The Bible as information is the world. When you perceive the world you perceive the Bible, an interchange that occurs through “supra-temporal archetypal constants.” The Bible is not an account of a past time and place but rather is this time and place. Dick claims if someone attempted to write down a description of the world as they see it they would end up writing down exact passages from the Bible. He says this is what happened to him when he wrote Flow my Tears. He has combined ideas from Judaism, Christianity and Greek philosophy to come up with the notion of physical reality as information contained in a book for future retrieval. 

He makes a joke that it would be a “psychotic inflation of the ego” if he claimed to be Christ instead of saying he just saw him, although I think that is his belief. He rejects the concept of a sinful man and the idea of judgment after death that leads to heaven or hell. Instead we have the pursuit of Nirvana, or Christianity as Buddhism. 

Angel Archer is the other half of his soul, and he is glad he wrote Transmigration instead of the Blade Runner novelization that was offered to him, because otherwise she wouldn’t have been created. It took a great deal of energy to bring Angel to life, to the point where Dick says he could have died. She justifies his work by bringing it to a state of wholeness and completing it, similar to what God did with him through Thomas. It is the only way he knew it could be done. Dick created Angel (through Ditheon) and she came back to him as his soul, as the “spirit of [his] intactness.”

The Exegesis: A third-stage organism

June 1981

The plasmate formed by the cross-bonding of two human minds is a new kind of non-biological life form. It has no body, and to it reality is an idea not a physical thing. It’s possible the combination of the two human psyches happens spontaneously as a random event. Dick ties this concept back to Teilhard’s noösphere that he wrote about many years before. Because this life form has no body it “floats” and might be using the human mind as a way to connect to physical reality. 

He saw footage from the upcoming Blade Runner movie and recalls his time in Purgatorio when he had a vision of hell before ascending to Paradiso. 

The New Testament is the “secret narrative” of the Old Testament. It contains the living info that is Christ which cross-bonds with a human mind, capable of infinite combinations in a form of evolution. The Scripture that is generated (a new phenomenon) is unique to each person and situation. The third stage progresses from the Torah (OT) to Christ (NT) to this, but Dick doesn’t yet have a name for it. 

He claims his later books like Scanner and VALIS were written by a Ditheonic brain.

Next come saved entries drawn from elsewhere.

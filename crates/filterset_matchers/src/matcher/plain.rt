//! Plain patterns, each character of which stands for itself.
ghost use Rattle.std.specs.Prelude.{◌≡◌, IfOk, option_map, string_bytes};
ghost use Rattle.filterset_matchers.specs.Pattern.{has_meaning, is_escapable, plain_text};

use std::alloc::{AllocError, Global};

/// Returns the text that a plain pattern stands for, or `None` if the pattern is not plain. The only error is out of memory.
pub(super) fn unescape(alloc: Global, pattern: &str) -> Result<Option<String>, AllocError>
    ensures { IfOk result (λ found. option_map string_bytes found ≡ plain_text pattern.now) }
{
    let mut text = String::with_capacity(alloc, pattern.len())?;
    let mut is_escaped = false;
    for character in pattern.chars() {
        if is_escaped {
            if !may_be_escaped(character) {
                return Ok(None);
            }
            text.push(character)?;
            is_escaped = false;
        } else if character == '\\' {
            is_escaped = true;
        } else {
            if is_special(character) {
                return Ok(None);
            }
            text.push(character)?;
        }
    }
    if is_escaped {
        return Ok(None);
    }
    Ok(Some(text))
}

/// Returns whether the character has a meaning of its own outside of classes.
pub(super) fn is_special(character: char) -> bool
    ensures { result ≡ has_meaning character }
{
    matches!(
        character,
        '\\' | '.' | '+' | '*' | '?' | '(' | ')' | '|' | '[' | '{' | '^' | '$'
    )
}

/// Returns whether the character stands for itself after a backslash.
fn may_be_escaped(character: char) -> bool
    ensures { result ≡ is_escapable character }
{
    character.is_ascii_punctuation() && !matches!(character, '<' | '>')
}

No one, not the Jews nor Paul, connected the Torah and the NT this way as earlier stages of a third-stage organism. 

Based on his Ubik idea of God in the trash, the mundane and the divine are two stages of the same thing. The mundane is a slow stage of the divine (or the divine is a faster stage of the mundane) but there has to be unity, a coming together of discrete things, before it can make that leap to divinity.

Dick believes that the infinite beauty which exists in the world is the benchmark that points to God.